┌─ Data shown
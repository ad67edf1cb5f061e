// The row of open roots, found in the lent array: the last root is the last record, and before the first record of its tree stands the next.
ghost use Rattle.std.specs.Prelude.{◌≡◌, ◌+◌, ◌*◌, List, ℕ, ◌<◌, ◌≤◌, length, get_or};
ghost use Rattle.images.specs.Inner.{Chain, Open, Each, OneField, Group as GroupOf, Lands, Walked, Fitted, coded, sort_code};

use crate::asks::{Group, Question};
use crate::sorts::{Sort, is};
use grammar::tags::Tag;

// The records so far: the image, and two numbers for each record, its offset and the first record of its own tree. Where the last roots are sought, the
// answer is the number of records before them.
#[derive(Clone, Copy)]
pub struct Records<'a> {
    pub bytes: &'a [u8],
    pub links: &'a [usize],
}

impl Records<'_> {
    // The tag of a record.
    fn tag(self, n: usize) -> u8
        requires linked { n * 2 + 1 < length self.links.now }
        requires inside { get_or self.links.now (n * 2) 0 < length self.bytes.now }
        ensures { result ≡ get_or self.entry.bytes.now (get_or self.entry.links.now (n * 2) 0) 0 }
    {
        self.bytes[self.links[n * 2]]
    }

    // The first record of a record's tree.
    fn first(self, n: usize) -> usize
        requires { n * 2 + 1 < length self.links.now }
        ensures { result ≡ get_or self.entry.links.now (n * 2 + 1) 0 }
    {
        self.links[n * 2 + 1]
    }

    // The last n roots, each of a sort.
    fn each(self, from: usize, n: usize, sort: Sort) -> Option<usize>
        requires { Open self.bytes.now self.links.now from n }
        ensures { ((tags : List ℕ) → Chain self.entry.bytes.now self.entry.links.now from tags → n ≤ length tags → Walked self.entry.bytes.now self.entry.links.now (Each (sort_code sort)) n tags result) × Lands self.entry.links.now from n result }
    {
        let mut m = from;
        for _left in (0..n).rev() {
            if !is(self.tag(m - 1), sort) {
                return None;
            }
            m = self.first(m - 1);
        }
        Some(m)
    }

    // The last n roots, one a field and the others binds.
    fn one_field(self, from: usize, n: usize) -> Option<usize>
        requires { Open self.bytes.now self.links.now from n }
        ensures { ((tags : List ℕ) → Chain self.entry.bytes.now self.entry.links.now from tags → n ≤ length tags → Walked self.entry.bytes.now self.entry.links.now OneField n tags result) × Lands self.entry.links.now from n result }
    {
        let mut m = from;
        for left in (0..n).rev() {
            let tag = self.tag(m - 1);
            m = self.first(m - 1);
            if tag == Tag::FIELD {
                return self.each(m, left, Sort::Bind);
            }
            if !is(tag, Sort::Bind) {
                return None;
            }
        }
        None
    }

    fn group(self, from: usize, group: Group) -> Option<usize>
        requires { Open self.bytes.now self.links.now from group.count }
        ensures { ((tags : List ℕ) → Chain self.entry.bytes.now self.entry.links.now from tags → group.count ≤ length tags → Walked self.entry.bytes.now self.entry.links.now (GroupOf (sort_code group.sort)) group.count tags result) × Lands self.entry.links.now from group.count result }
    {
        if group.sort == Sort::CompMember {
            return self.one_field(from, group.count);
        }
        self.each(from, group.count, group.sort)
    }

    // The three groups that a record asks for, the last one first.
    pub(crate) fn fit(self, from: usize, asked: Question) -> Option<usize>
        requires { Open self.bytes.now self.links.now from ((coded asked).n3 + (coded asked).n2 + (coded asked).n1) }
        ensures { ((tags : List ℕ) → Chain self.entry.bytes.now self.entry.links.now from tags → (coded asked).n3 + (coded asked).n2 + (coded asked).n1 ≤ length tags → Fitted self.entry.bytes.now self.entry.links.now (coded asked) tags result) × Lands self.entry.links.now from ((coded asked).n3 + ((coded asked).n2 + (coded asked).n1)) result }
    {
        let second = self.group(from, asked.third)?;
        let first = self.group(second, asked.second)?;
        self.group(first, asked.first)
    }
}
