//! Where levels come from.
ghost use Rattle.std.specs.Prelude.{◌≡◌, Decides};
ghost use Rattle.language.specs.Finite.{target_place, Tries, level_at, One};
ghost use Rattle.records.specs.Trees.{design_of};
ghost use Rattle.paths.specs.Marks.{shape_of, place_of, sets_of};

use crate::conditions::Shape;
use crate::values::ValueSets;
use records::{DesignFile, ENTRIES, Label};
use vectors::fits;

/// Where a level comes from: it is fixed, or a table's entry at a variable's value, or at any value of a width.
#[derive(Clone, Copy)]
pub enum Origin {
    Always { level: u32 },
    ValueOf { table: u32, variable: u32 },
    AnyOf { table: u32, width: u32 },
}

impl From<Label> for Origin {
    ghost use Rattle.std.specs.Prelude.{◌≡◌};
    ghost use Rattle.language.specs.Finite.{label_place};
    ghost use Rattle.records.specs.Labels.{label_of};
    ghost use Rattle.paths.specs.Marks.{place_of};

    ghost from_gives = { λ label origin. place_of origin ≡ label_place (label_of label) };

    fn from(label: Label) -> Origin {
        match label {
            Label::Fixed { level } => Origin::Always { level },
            Label::LookedUp {
                table,
                selector: variable,
            } => Origin::ValueOf { table, variable },
        }
    }
}

impl Origin {
    /// Where the level of `u` comes from, once it is assigned an expression of this shape.
    pub fn of_target(file: &DesignFile<'_>, u: u32, shape: Shape) -> Origin
        ensures { place_of result ≡ target_place (design_of file.now) u (shape_of shape) }
    {
        match file.label(u) {
            Label::LookedUp { table, selector } if selector == u => match shape {
                Shape::Number { value } => Origin::Always {
                    level: file.entry(table, value),
                },
                Shape::Single { variable } => Origin::ValueOf { table, variable },
                Shape::Other => Origin::AnyOf {
                    table,
                    width: file.width(u),
                },
            },
            label => Origin::from(label),
        }
    }

    /// Whether `x` is a value to try here.
    pub fn is_tried(self, file: &DesignFile<'_>, sets: &ValueSets, x: u32) -> bool
        ensures { Decides result (Tries (design_of file.now) (sets_of sets.now) (place_of self) x) }
    {
        match self {
            Origin::Always { .. } => x == 0,
            Origin::ValueOf { variable, .. } => sets.may(file, variable, x),
            Origin::AnyOf { width, .. } => (x as usize) < ENTRIES && fits(x, width),
        }
    }

    /// The level here, where the value is `x`.
    pub fn level_at(self, file: &DesignFile<'_>, x: u32) -> u32
        ensures { result ≡ level_at (design_of file.now) (place_of self) x }
    {
        match self {
            Origin::Always { level } => level,
            Origin::ValueOf { table, .. } | Origin::AnyOf { table, .. } => file.entry(table, x),
        }
    }
}

/// Whether two values agree, where both origins look at one variable.
pub fn are_one(p: Origin, q: Origin, x: u32, y: u32) -> bool
    ensures { Decides result (One (place_of p) (place_of q) x y) }
{
    match (p, q) {
        (
            Origin::ValueOf { variable, .. },
            Origin::ValueOf {
                variable: other,
                ..
            },
        ) => variable != other || x == y,
        _ => true,
    }
}
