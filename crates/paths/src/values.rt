//! The values that are left to variables.
ghost use Rattle.std.specs.Prelude.{◌≡◌, ℕ, ◌^◌, ◌<◌, true, false, not, ◌&&◌, Decides, nat_eq, slice_index_or};
ghost use Rattle.language.specs.Typing.{leaves};
ghost use Rattle.language.specs.Finite.{May, Possible};
ghost use Rattle.records.specs.Trees.{expr_at, design_of};
ghost use Rattle.paths.specs.Marks.{sets_of};

use crate::conditions::leaves_value;
use crate::path::gathered;
use records::{DesignFile, ENTRIES};
use std::array;
use variables::{MOST_VARIABLES, VariableSet};
use vectors::fits;

// How many bits number the entries of a table.
const WIDEST_SELECTOR: u32 = 4;

/// Which of its values are left to each variable up to 4 wide: as many as a table has entries.
#[derive(Clone, Copy, Debug, PartialEq, Eq)]
pub struct ValueSets {
    marks: [[bool; ENTRIES]; MOST_VARIABLES],
}

impl ValueSets {
    /// All values are left.
    pub fn all() -> ValueSets
        ensures { (v x : ℕ) → v < 128 → x < 16 → sets_of result v x ≡ true }
    {
        ValueSets {
            marks: [[true; ENTRIES]; MOST_VARIABLES],
        }
    }

    /// Takes the value `x` from variable `v`, if there are such.
    pub fn take(&mut self, v: u32, x: u32)
        ensures { (u y : ℕ) → u < 128 → y < 16 → sets_of self.new u y ≡ (not (nat_eq v u && nat_eq x y) && sets_of self.old u y) }
    {
        let (v, x) = (v as usize, x as usize);
        if v < MOST_VARIABLES && x < ENTRIES {
            self.marks[v][x] = false;
        }
    }

    /// Whether the value `x` is left to variable `v`.
    pub fn leaves(&self, v: u32, x: u32) -> bool
        ensures { result ≡ sets_of self.now v x }
    {
        self.marks
            .get(v as usize)
            .and_then(|marks| marks.get(x as usize))
            .copied()
            .unwrap_or(false)
    }

    /// Whether variable `v` may have the value `x`: it is a value of the variable, and it is left.
    pub fn may(&self, file: &DesignFile<'_>, v: u32, x: u32) -> bool
        ensures { Decides result (May (design_of file.now) (sets_of self.now) v x) }
    {
        v < file.variable_count()
            && (x as usize) < ENTRIES
            && fits(x, file.width(v))
            && self.leaves(v, x)
    }

    // Whether variable `v` may have any value.
    fn may_any(&self, file: &DesignFile<'_>, v: u32) -> bool
        ensures { Decides result ((x : ℕ) × May (design_of file.now) (sets_of self.now) v x) }
    {
        (0..ENTRIES as u32).any(|x| self.may(file, v, x))
    }

    // The values of variable `v` that are left where condition `e` comes out as `way` besides.
    fn left(&self, file: &DesignFile<'_>, e: u32, way: bool, v: u32) -> [bool; ENTRIES]
        ensures { (x : ℕ) → x < 16 → slice_index_or result x false ≡ (leaves (expr_at file.now e) way v x && sets_of self.now v x) }
    {
        array::from_fn(|x| self.leaves(v, x as u32) && leaves_value(file, e, way, v, x as u32))
    }

    // The values that are left where condition `e` comes out as `way` besides. It takes none from a variable that it
    // does not read.
    pub(crate) fn narrowed(&self, file: &DesignFile<'_>, e: u32, way: bool) -> ValueSets
        ensures { (v x : ℕ) → v < 128 → x < 16 → sets_of result v x ≡ (leaves (expr_at file.now e) way v x && sets_of self.now v x) }
    {
        let read = gathered(file, e, &VariableSet::empty());
        // Not by `array::from_fn`: with a closure that chooses between two rows the proof did not close.
        let mut fewer = *self;
        for v in 0..MOST_VARIABLES {
            if read.contains(v as u32) {
                fewer.marks[v] = self.left(file, e, way, v as u32);
            }
        }
        fewer
    }

    /// Whether no set is empty.
    pub fn is_possible(&self, file: &DesignFile<'_>) -> bool
        ensures { Decides result (Possible (design_of file.now) (sets_of self.now)) }
    {
        (0..file.variable_count()).all(|v| file.width(v) > WIDEST_SELECTOR || self.may_any(file, v))
    }
}
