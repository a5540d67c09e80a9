//! The shape of an expression, what a condition leaves to a variable, and what a command assigns.
ghost use Rattle.std.specs.Prelude.{◌≡◌};
ghost use Rattle.language.specs.Form.{always};
ghost use Rattle.language.specs.Typing.{shape, pins, equates, leaves};
ghost use Rattle.records.specs.Trees.{expr_at, cmd_at};
ghost use Rattle.paths.specs.Marks.{shape_of};

use records::{Action, DesignFile, Node};
use vectors::Pairing;

/// What the rules look for in an expression: a constant, a single variable, or anything else.
#[derive(Clone, Copy)]
pub enum Shape {
    Number { value: u32 },
    Single { variable: u32 },
    Other,
}

/// The shape of expression `e`.
pub fn shape_of(file: &DesignFile<'_>, e: u32) -> Shape
    ensures { shape_of result ≡ shape (expr_at file.now e) }
{
    match file.node(e) {
        Node::Constant { value, .. } => Shape::Number { value },
        Node::Variable { variable, .. } => Shape::Single { variable },
        _ => Shape::Other,
    }
}

// Where a test of `u` against `n` comes out as `way`, whether `v` may be `x`.
fn pins_value(way: bool, u: u32, n: u32, v: u32, x: u32) -> bool
    ensures { result ≡ pins way u n v x }
{
    u != v || (x == n) == way
}

// Where a test whether two expressions of these shapes are equal comes out as `way`, whether `v` may be `x`.
fn equates_value(way: bool, a: Shape, b: Shape, v: u32, x: u32) -> bool
    ensures { result ≡ equates way (shape_of a) (shape_of b) v x }
{
    match (a, b) {
        (Shape::Single { variable }, Shape::Number { value })
        | (Shape::Number { value }, Shape::Single { variable }) => {
            pins_value(way, variable, value, v, x)
        }
        _ => true,
    }
}

// Where condition `e` comes out as `way`, whether variable `v` may be `x`.
pub(crate) fn leaves_value(file: &DesignFile<'_>, e: u32, way: bool, v: u32, x: u32) -> bool
    ensures { result ≡ leaves (expr_at file.now e) way v x }
{
    match file.node(e) {
        Node::Variable { variable, .. } => pins_value(way, variable, 1, v, x),
        Node::Not { of, .. } => leaves_value(file, of, !way, v, x),
        Node::Pair {
            by,
            left,
            right,
            ..
        } => match by {
            Pairing::And | Pairing::Or => {
                // Where `and` is 1 or `or` is 0, both parts are so, and otherwise one of them.
                if (by == Pairing::And) == way {
                    leaves_value(file, left, way, v, x) && leaves_value(file, right, way, v, x)
                } else {
                    leaves_value(file, left, way, v, x) || leaves_value(file, right, way, v, x)
                }
            }
            Pairing::Equals => {
                equates_value(way, shape_of(file, left), shape_of(file, right), v, x)
            }
            _ => true,
        },
        _ => true,
    }
}

/// Whether command `n` assigns variable `v` on every path.
pub fn always_assigns(file: &DesignFile<'_>, n: u32, v: u32) -> bool
    ensures { result ≡ always (cmd_at file.now n) v }
{
    match file.action(n) {
        Action::Idle => false,
        Action::Both { first, second } => {
            always_assigns(file, first, v) || always_assigns(file, second, v)
        }
        Action::Choose { yes, no, .. } => {
            always_assigns(file, yes, v) && always_assigns(file, no, v)
        }
        Action::Assign { target, .. } => target == v,
    }
}
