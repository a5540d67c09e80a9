//! A path to an assignment: what the conditions on it leave, and what they read.
ghost use Rattle.std.specs.Prelude.{◌≡◌, ℕ, ◌<◌, ◌&&◌, ◌||◌, List, [], ◌∷◌};
ghost use Rattle.language.specs.Form.{Way};
ghost use Rattle.language.specs.Typing.{leaves};
ghost use Rattle.language.specs.Finite.{mentions};
ghost use Rattle.variables.specs.Variables.{has};
ghost use Rattle.records.specs.Trees.{expr_at};
ghost use Rattle.paths.specs.Marks.{Tracks};

use crate::values::ValueSets;
use records::{DesignFile, Node};
use variables::VariableSet;

/// The values that a path leaves to the variables up to 4 wide, and the variables that its conditions read.
#[derive(Clone, Copy)]
pub struct Path {
    pub values: ValueSets,
    pub variables: VariableSet,
}

// Marks the variables that expression `e` reads.
fn mark_reads(set: &mut VariableSet, file: &DesignFile<'_>, e: u32)
    ensures { (v : ℕ) → v < 128 → has set.new v ≡ (mentions (expr_at file.now e) v || has set.old v) }
{
    match file.node(e) {
        Node::Constant { .. } => {}
        Node::Variable { variable, .. } => set.insert(variable),
        Node::Not { of, .. }
        | Node::ShiftLeft { of, .. }
        | Node::ShiftRight { of, .. }
        | Node::Part { of, .. } => mark_reads(set, file, of),
        Node::Pair {
            left: one,
            right: two,
            ..
        }
        | Node::Above {
            high: one,
            low: two,
            ..
        } => {
            mark_reads(set, file, one);
            mark_reads(set, file, two);
        }
        Node::Choose {
            condition,
            yes,
            no,
            ..
        } => {
            mark_reads(set, file, condition);
            mark_reads(set, file, yes);
            mark_reads(set, file, no);
        }
    }
}

/// The variables of a set, and those that expression `e` reads.
pub fn gathered(file: &DesignFile<'_>, e: u32, set: &VariableSet) -> VariableSet
    ensures { (v : ℕ) → v < 128 → has result v ≡ (mentions (expr_at file.now e) v || has set.now v) }
{
    let mut all = *set;
    mark_reads(&mut all, file, e);
    all
}

impl Path {
    /// The path without conditions.
    pub fn start() -> Path
        ensures { Tracks [] result }
    {
        Path {
            values: ValueSets::all(),
            variables: VariableSet::empty(),
        }
    }

    /// The path that goes on where condition `e` comes out as `way`.
    pub fn past(&self, file: &DesignFile<'_>, e: u32, way: bool) -> Path
        ensures { (path : List Way) → Tracks path self.now → Tracks ((expr_at file.now e, way) ∷ path) result }
    {
        Path {
            values: self.values.narrowed(file, e, way),
            variables: gathered(file, e, &self.variables),
        }
    }
}
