//! The values to try at an origin, and the levels there.
ghost use Rattle.std.specs.Prelude.{◌≡◌};
ghost use Rattle.records.specs.Trees.{design_of};
ghost use Rattle.paths.specs.Marks.{sets_of};
ghost use Rattle.paths.specs.Trying.{Tabled};

use crate::origins::Origin;
use crate::values::ValueSets;
use records::{DesignFile, ENTRIES};
use std::array;

/// An origin, and for each value that a table has an entry for whether it is to be tried, and the level there.
/// Worked out once, so that each value of one origin can be held against each of another at no cost.
#[derive(Clone, Copy)]
pub struct Trials {
    pub origin: Origin,
    pub tried: [bool; ENTRIES],
    pub levels: [u32; ENTRIES],
}

impl Trials {
    /// What is to be tried at this origin.
    pub fn at(file: &DesignFile<'_>, sets: &ValueSets, origin: Origin) -> Trials
        ensures origin { result.origin ≡ origin }
        ensures tabled { Tabled (design_of file.now) (sets_of sets.now) result }
    {
        Trials {
            origin,
            tried: array::from_fn(|x| origin.is_tried(file, sets, x as u32)),
            levels: array::from_fn(|x| origin.level_at(file, x as u32)),
        }
    }
}
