//! What the typing rules look at: the values that a path leaves to variables, the variables in the conditions around,
//! and where levels come from.
#![tactic(auto)]

mod conditions;
mod origins;
mod path;
mod trials;
mod values;

pub use conditions::{Shape, always_assigns, shape_of};
pub use origins::{Origin, are_one};
pub use path::{Path, gathered};
pub use trials::Trials;
pub use values::ValueSets;
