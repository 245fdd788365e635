// The lent tables of the pending side, together: the rows, the references that they include, and how many rows are used.

#[derive(Clone, Copy, Debug, PartialEq, Eq)]
pub struct Waiting<'a> {
    pub waiting: &'a [u64],
    pub named: &'a [u64],
    pub pending: usize,
}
└─
◆ Problem to solve ◆
The response should consist of the number of lines in the data that hold the word "true", with nothing added.

◆ Solution for this task ◆
7